**INPUT DATA**
::::::::::
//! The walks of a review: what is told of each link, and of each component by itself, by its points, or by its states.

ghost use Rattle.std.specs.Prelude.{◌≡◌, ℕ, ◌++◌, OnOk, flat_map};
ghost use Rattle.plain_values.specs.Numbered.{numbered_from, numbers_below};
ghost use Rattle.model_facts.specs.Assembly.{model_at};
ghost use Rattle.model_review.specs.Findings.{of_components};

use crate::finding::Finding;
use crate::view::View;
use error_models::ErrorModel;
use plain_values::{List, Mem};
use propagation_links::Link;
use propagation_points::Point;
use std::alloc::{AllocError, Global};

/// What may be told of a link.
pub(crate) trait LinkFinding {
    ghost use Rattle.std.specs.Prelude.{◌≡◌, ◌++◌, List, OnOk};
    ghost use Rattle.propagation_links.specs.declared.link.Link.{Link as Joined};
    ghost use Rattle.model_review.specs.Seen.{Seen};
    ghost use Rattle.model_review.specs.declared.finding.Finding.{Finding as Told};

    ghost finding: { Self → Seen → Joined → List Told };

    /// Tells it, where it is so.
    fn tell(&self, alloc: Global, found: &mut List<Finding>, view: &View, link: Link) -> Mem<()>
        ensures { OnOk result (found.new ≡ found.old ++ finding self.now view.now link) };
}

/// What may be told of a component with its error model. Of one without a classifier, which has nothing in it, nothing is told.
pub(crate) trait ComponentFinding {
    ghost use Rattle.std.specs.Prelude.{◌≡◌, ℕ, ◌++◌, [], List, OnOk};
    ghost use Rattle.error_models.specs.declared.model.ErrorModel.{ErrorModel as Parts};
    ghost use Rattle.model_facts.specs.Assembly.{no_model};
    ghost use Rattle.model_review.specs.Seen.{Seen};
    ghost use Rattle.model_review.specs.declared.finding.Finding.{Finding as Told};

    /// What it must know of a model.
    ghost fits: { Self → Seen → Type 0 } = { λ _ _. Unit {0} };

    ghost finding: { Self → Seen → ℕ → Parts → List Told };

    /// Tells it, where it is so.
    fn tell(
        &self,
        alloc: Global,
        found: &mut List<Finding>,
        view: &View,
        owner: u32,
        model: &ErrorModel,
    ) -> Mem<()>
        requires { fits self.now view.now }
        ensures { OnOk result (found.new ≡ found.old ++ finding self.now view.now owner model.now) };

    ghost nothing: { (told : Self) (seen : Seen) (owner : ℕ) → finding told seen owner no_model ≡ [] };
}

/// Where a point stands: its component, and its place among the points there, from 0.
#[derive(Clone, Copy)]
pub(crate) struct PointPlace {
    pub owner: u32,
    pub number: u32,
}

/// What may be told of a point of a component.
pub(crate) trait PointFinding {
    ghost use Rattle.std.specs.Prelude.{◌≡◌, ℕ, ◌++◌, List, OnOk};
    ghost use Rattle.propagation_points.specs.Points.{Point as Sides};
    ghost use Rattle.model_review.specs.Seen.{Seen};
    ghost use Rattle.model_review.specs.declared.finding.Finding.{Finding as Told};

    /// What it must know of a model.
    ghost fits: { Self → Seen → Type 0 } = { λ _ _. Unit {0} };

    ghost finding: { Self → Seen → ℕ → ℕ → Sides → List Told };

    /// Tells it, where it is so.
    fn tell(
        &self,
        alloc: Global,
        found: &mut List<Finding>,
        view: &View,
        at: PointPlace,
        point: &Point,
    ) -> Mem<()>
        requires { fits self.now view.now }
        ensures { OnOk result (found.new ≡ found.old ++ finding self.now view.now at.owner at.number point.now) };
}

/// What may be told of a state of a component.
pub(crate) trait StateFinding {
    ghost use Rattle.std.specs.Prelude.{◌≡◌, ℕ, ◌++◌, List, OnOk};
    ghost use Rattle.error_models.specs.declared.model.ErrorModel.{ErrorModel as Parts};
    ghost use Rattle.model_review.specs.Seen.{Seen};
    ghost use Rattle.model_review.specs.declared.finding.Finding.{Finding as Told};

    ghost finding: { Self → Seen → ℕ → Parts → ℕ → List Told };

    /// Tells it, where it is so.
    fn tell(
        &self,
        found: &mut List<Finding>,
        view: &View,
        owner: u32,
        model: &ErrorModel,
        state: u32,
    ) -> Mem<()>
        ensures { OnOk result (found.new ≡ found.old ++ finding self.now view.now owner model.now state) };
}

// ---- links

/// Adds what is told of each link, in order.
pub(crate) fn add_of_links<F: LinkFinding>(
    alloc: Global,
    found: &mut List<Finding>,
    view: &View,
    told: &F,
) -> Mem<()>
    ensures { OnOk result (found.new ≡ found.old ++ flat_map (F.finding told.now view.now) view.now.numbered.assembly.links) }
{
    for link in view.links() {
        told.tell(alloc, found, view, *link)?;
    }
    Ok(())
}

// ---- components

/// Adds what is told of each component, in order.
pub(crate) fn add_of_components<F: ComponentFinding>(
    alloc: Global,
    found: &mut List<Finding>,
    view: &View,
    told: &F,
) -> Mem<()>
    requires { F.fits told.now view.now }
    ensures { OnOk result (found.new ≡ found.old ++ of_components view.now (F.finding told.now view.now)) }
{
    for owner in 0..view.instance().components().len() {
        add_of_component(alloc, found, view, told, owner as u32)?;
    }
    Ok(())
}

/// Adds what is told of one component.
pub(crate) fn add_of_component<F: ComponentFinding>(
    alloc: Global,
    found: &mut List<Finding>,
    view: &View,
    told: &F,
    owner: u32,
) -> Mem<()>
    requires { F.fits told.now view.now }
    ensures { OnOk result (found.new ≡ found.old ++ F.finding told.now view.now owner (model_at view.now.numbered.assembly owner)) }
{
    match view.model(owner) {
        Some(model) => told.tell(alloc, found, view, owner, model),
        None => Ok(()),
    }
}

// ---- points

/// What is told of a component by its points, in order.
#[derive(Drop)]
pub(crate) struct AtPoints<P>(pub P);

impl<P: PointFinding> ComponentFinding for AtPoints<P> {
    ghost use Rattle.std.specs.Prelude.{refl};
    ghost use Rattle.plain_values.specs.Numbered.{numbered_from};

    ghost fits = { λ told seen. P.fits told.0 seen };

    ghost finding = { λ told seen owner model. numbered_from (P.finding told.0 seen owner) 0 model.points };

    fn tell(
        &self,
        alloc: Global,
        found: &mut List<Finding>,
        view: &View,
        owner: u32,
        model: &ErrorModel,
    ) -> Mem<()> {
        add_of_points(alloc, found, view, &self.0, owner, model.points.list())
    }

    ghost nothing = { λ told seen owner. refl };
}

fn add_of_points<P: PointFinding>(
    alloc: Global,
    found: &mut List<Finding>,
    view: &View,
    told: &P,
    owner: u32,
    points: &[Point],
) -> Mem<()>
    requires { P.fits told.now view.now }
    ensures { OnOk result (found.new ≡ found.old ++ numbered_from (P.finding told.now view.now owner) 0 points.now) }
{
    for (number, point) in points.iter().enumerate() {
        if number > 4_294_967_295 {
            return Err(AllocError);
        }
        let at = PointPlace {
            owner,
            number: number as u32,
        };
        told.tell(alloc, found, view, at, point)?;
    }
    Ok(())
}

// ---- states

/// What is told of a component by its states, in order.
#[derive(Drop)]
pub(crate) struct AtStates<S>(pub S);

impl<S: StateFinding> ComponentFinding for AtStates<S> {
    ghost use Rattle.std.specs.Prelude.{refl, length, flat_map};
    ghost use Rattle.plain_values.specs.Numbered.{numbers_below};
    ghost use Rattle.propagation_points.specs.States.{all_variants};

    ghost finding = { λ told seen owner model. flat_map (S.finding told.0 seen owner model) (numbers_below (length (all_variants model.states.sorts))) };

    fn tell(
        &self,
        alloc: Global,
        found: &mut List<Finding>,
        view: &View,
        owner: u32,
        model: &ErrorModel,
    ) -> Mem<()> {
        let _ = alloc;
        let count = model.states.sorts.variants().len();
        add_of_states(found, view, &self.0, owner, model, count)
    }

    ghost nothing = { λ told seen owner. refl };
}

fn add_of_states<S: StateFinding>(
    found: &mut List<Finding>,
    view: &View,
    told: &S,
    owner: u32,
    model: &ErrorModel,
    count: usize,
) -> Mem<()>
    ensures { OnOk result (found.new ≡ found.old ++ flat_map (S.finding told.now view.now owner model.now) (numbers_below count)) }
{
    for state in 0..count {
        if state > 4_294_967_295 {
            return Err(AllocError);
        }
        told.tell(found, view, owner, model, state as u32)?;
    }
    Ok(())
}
::::::::::
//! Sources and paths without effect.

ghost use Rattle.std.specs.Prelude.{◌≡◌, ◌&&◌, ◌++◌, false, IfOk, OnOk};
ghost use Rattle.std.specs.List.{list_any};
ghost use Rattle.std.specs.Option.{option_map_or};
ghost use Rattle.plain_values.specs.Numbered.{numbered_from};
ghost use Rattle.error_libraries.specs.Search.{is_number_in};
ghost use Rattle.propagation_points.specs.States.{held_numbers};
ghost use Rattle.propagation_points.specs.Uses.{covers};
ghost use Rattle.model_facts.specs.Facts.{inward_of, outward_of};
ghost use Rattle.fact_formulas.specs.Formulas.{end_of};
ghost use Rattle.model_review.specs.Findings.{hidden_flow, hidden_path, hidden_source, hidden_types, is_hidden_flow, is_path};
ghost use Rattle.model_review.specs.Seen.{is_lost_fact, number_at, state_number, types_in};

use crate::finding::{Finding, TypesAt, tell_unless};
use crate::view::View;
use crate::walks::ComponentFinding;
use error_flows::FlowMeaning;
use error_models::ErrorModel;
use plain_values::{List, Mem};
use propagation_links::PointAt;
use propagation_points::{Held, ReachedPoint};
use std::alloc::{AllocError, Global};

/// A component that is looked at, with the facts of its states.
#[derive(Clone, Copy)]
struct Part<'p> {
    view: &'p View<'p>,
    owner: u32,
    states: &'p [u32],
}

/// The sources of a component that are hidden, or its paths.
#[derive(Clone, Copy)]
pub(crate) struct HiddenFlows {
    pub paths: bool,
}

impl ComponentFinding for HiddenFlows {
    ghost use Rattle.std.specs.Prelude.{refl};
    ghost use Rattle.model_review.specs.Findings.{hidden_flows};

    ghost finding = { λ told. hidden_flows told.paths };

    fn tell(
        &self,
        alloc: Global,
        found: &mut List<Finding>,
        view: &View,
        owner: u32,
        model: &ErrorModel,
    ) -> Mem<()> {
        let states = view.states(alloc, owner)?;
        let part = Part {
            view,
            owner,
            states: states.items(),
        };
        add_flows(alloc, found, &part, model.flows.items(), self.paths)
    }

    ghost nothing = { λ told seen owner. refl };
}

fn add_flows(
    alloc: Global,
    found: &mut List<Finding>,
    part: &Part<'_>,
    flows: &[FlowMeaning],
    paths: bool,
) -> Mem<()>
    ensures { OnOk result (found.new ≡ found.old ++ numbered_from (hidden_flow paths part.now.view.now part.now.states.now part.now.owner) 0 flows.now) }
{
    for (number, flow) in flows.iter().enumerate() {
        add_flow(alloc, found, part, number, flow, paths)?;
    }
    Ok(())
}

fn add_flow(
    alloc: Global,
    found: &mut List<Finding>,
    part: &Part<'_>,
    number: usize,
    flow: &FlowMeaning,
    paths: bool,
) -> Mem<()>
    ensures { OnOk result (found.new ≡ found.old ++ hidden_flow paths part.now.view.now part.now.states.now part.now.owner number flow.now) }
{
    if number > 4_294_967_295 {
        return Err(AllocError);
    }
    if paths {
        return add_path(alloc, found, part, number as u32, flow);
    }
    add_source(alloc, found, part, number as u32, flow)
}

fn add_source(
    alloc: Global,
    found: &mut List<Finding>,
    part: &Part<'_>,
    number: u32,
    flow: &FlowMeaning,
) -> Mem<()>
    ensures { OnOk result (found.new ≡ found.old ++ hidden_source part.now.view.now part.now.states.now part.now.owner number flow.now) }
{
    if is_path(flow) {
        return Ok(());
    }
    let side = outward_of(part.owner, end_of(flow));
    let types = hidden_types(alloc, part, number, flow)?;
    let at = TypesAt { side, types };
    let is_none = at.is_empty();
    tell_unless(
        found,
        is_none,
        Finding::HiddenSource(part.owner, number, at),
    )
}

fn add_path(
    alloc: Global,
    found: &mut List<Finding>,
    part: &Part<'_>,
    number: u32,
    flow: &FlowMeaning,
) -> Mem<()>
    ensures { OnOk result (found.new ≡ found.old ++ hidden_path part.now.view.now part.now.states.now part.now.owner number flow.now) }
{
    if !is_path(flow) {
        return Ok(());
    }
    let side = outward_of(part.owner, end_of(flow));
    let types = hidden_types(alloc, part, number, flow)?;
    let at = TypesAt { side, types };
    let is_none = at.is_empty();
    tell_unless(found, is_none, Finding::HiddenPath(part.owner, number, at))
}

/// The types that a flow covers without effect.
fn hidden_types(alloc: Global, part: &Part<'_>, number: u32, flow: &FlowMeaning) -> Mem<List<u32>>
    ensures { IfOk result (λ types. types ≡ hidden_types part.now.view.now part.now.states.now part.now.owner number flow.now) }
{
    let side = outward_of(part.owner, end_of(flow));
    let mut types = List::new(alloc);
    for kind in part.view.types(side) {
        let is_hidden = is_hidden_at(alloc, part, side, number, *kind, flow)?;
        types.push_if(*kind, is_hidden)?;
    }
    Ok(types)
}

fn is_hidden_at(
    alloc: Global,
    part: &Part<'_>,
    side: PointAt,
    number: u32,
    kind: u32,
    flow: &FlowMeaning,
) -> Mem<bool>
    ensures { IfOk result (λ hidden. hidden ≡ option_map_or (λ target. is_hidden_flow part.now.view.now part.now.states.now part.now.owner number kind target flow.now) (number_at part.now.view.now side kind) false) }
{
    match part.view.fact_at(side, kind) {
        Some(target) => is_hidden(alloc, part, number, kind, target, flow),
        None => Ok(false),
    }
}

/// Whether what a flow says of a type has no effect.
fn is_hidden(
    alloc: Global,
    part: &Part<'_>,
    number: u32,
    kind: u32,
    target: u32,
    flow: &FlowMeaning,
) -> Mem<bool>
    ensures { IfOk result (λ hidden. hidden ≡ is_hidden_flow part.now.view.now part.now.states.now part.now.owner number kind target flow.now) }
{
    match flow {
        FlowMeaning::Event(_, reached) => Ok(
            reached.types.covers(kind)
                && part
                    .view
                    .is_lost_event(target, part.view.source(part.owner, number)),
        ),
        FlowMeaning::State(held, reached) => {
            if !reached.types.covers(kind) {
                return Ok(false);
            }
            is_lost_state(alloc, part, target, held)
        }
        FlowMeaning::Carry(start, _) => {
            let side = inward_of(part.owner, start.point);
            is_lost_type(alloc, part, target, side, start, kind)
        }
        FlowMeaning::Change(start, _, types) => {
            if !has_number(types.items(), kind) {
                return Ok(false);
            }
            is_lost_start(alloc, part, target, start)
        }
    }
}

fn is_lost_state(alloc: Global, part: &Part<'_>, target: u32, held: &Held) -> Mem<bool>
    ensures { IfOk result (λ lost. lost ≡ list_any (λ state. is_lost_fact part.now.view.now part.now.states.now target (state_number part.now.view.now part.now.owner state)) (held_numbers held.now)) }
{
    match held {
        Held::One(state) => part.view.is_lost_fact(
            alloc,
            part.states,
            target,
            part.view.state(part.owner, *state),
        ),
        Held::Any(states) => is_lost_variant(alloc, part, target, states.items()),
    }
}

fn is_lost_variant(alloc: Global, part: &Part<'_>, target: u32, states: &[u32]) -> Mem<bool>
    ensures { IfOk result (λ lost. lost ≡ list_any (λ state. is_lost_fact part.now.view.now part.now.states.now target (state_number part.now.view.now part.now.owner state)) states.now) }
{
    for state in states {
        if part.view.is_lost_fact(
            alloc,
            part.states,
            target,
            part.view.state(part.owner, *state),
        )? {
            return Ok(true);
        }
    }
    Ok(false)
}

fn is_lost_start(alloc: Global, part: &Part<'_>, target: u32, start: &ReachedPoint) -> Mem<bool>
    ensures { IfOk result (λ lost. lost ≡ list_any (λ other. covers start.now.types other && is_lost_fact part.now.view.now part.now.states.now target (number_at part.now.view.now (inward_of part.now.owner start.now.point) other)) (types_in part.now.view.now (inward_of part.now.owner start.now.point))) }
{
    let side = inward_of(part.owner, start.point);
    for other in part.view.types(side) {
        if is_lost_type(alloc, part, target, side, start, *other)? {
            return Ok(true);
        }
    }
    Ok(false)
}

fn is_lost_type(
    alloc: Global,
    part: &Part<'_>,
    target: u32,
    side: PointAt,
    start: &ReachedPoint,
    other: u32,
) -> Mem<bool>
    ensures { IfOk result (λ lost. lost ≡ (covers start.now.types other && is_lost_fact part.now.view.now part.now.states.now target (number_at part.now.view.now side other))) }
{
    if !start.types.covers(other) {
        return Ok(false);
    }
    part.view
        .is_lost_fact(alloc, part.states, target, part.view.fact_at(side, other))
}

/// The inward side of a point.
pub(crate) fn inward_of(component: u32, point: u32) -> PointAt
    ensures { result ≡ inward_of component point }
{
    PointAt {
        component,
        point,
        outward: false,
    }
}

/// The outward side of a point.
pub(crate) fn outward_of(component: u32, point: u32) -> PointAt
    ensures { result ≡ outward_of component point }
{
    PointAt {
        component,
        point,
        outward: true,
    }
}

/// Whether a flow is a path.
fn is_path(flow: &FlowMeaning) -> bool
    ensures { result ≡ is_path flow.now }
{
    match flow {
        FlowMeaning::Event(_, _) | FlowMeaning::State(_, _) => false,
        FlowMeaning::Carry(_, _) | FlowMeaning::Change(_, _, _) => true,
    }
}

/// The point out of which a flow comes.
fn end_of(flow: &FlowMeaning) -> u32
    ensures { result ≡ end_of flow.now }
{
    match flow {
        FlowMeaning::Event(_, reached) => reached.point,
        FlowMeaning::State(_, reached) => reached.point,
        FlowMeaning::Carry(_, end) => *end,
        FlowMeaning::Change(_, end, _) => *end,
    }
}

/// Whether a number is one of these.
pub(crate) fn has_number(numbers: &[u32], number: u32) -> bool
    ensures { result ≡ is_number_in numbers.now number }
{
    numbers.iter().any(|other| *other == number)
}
::::::::::
**REQUIRED WORK**
Report the lines above that have the word "count" in them.

**RESULT FOR THIS TASK**
        let count = model.states.sorts.variants().len();
        add_of_states(found, view, &self.0, owner, model, count)
    count: usize,
    ensures { OnOk result (found.new ≡ found.old ++ flat_map (S.finding told.now view.now owner model.now) (numbers_below count)) }
    for state in 0..count {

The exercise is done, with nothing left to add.